━━━ Information given

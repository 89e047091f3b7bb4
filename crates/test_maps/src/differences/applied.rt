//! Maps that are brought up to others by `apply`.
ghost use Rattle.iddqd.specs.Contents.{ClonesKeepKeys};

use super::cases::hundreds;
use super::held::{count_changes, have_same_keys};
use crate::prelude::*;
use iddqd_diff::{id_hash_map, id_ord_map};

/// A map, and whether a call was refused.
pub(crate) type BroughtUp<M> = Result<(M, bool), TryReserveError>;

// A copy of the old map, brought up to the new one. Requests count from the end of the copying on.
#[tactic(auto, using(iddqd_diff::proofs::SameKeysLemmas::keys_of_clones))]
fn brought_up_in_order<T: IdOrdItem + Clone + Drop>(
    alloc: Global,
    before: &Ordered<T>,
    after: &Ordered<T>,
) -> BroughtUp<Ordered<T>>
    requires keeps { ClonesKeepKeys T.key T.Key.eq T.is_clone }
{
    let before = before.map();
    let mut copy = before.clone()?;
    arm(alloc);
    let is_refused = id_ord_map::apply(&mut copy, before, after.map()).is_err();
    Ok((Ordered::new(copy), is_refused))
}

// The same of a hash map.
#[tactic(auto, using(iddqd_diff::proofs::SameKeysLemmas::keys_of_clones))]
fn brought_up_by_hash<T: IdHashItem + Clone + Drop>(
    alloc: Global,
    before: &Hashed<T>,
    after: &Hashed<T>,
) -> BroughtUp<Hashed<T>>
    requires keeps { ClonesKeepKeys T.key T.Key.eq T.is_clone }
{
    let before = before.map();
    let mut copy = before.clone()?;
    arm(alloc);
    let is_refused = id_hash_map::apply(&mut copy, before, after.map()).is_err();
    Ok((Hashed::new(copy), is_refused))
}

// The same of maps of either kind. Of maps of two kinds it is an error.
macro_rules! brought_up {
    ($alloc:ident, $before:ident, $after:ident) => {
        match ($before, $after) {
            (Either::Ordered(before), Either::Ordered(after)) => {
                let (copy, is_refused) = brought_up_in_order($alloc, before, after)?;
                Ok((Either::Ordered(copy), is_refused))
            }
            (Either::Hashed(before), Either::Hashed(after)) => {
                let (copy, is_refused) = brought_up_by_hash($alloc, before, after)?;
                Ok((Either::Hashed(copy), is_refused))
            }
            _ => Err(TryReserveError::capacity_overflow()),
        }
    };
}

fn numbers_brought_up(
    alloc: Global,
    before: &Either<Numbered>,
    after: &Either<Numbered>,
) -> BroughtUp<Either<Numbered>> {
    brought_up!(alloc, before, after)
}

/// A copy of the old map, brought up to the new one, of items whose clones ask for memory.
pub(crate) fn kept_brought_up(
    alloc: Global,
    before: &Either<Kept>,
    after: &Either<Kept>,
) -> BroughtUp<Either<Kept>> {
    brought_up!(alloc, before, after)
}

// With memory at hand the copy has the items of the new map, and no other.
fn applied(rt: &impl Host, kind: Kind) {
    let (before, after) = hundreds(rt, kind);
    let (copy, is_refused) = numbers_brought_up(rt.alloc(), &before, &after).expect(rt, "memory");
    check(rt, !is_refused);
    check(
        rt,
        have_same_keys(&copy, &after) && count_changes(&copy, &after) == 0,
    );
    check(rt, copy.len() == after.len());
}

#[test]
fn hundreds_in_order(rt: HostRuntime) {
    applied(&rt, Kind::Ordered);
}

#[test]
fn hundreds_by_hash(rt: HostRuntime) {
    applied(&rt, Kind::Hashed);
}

━━━━━━
━━━ Information given

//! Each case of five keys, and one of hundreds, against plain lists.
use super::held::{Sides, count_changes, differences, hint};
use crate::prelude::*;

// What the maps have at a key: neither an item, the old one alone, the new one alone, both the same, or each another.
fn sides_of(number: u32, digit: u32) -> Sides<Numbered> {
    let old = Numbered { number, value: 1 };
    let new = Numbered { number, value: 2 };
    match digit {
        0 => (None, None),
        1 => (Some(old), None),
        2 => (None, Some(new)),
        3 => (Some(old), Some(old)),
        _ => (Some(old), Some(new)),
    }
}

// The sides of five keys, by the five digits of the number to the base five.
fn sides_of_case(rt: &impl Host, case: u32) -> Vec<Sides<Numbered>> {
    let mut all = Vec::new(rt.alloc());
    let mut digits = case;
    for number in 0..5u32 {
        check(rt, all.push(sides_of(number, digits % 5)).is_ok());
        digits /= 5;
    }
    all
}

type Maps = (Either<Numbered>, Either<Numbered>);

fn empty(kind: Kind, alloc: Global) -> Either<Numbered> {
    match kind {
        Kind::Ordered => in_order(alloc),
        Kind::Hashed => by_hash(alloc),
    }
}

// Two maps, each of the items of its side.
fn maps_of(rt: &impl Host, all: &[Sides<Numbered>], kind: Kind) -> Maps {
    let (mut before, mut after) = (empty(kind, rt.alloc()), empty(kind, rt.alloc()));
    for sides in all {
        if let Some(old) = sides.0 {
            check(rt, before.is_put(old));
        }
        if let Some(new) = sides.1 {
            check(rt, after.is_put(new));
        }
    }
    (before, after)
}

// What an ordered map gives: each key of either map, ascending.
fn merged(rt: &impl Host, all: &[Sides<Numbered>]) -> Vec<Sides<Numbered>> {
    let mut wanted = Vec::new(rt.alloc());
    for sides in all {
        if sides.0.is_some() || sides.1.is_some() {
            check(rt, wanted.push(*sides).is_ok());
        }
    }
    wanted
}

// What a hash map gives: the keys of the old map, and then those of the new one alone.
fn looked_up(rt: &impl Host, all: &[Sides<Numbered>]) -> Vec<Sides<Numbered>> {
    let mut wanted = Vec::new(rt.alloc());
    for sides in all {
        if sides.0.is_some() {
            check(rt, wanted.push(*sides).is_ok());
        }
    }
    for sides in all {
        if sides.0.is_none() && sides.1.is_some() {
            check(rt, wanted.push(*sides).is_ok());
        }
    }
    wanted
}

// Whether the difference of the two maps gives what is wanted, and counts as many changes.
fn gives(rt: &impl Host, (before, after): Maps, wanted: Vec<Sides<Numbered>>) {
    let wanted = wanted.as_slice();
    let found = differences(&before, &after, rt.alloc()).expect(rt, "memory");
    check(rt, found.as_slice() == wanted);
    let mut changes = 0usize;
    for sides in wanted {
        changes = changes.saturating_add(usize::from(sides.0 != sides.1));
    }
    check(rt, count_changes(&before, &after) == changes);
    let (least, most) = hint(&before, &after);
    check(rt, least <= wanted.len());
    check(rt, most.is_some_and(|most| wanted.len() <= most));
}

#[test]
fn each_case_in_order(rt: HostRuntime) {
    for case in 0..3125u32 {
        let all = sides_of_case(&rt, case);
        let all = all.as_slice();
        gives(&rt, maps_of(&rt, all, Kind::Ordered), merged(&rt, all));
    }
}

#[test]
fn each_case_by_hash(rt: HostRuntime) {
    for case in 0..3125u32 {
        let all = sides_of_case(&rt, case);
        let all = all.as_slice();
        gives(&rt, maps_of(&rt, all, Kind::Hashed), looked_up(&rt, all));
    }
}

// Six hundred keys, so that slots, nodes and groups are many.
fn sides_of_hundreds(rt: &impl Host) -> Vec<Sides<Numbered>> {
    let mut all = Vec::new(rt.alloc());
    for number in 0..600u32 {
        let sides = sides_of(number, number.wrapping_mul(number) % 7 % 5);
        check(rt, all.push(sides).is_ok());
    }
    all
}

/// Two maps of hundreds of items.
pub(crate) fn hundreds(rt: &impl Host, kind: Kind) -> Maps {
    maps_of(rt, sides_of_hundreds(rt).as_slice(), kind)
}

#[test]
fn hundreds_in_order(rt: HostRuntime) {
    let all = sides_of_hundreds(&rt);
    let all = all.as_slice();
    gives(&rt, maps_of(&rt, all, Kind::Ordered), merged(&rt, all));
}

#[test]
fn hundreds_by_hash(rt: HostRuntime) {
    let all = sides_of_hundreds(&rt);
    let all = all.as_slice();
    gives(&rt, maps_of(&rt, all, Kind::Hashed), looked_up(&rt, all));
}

━━━━━━

— Directions —
Your answer should be the lines above from the one containing "Maps that are" through the one containing "pub(crate) type BroughtUp<M>", copied exactly and with both ends kept.

— Written response —
//! Maps that are brought up to others by `apply`.
ghost use Rattle.iddqd.specs.Contents.{ClonesKeepKeys};

use super::cases::hundreds;
use super::held::{count_changes, have_same_keys};
use crate::prelude::*;
use iddqd_diff::{id_hash_map, id_ord_map};

/// A map, and whether a call was refused.
pub(crate) type BroughtUp<M> = Result<(M, bool), TryReserveError>;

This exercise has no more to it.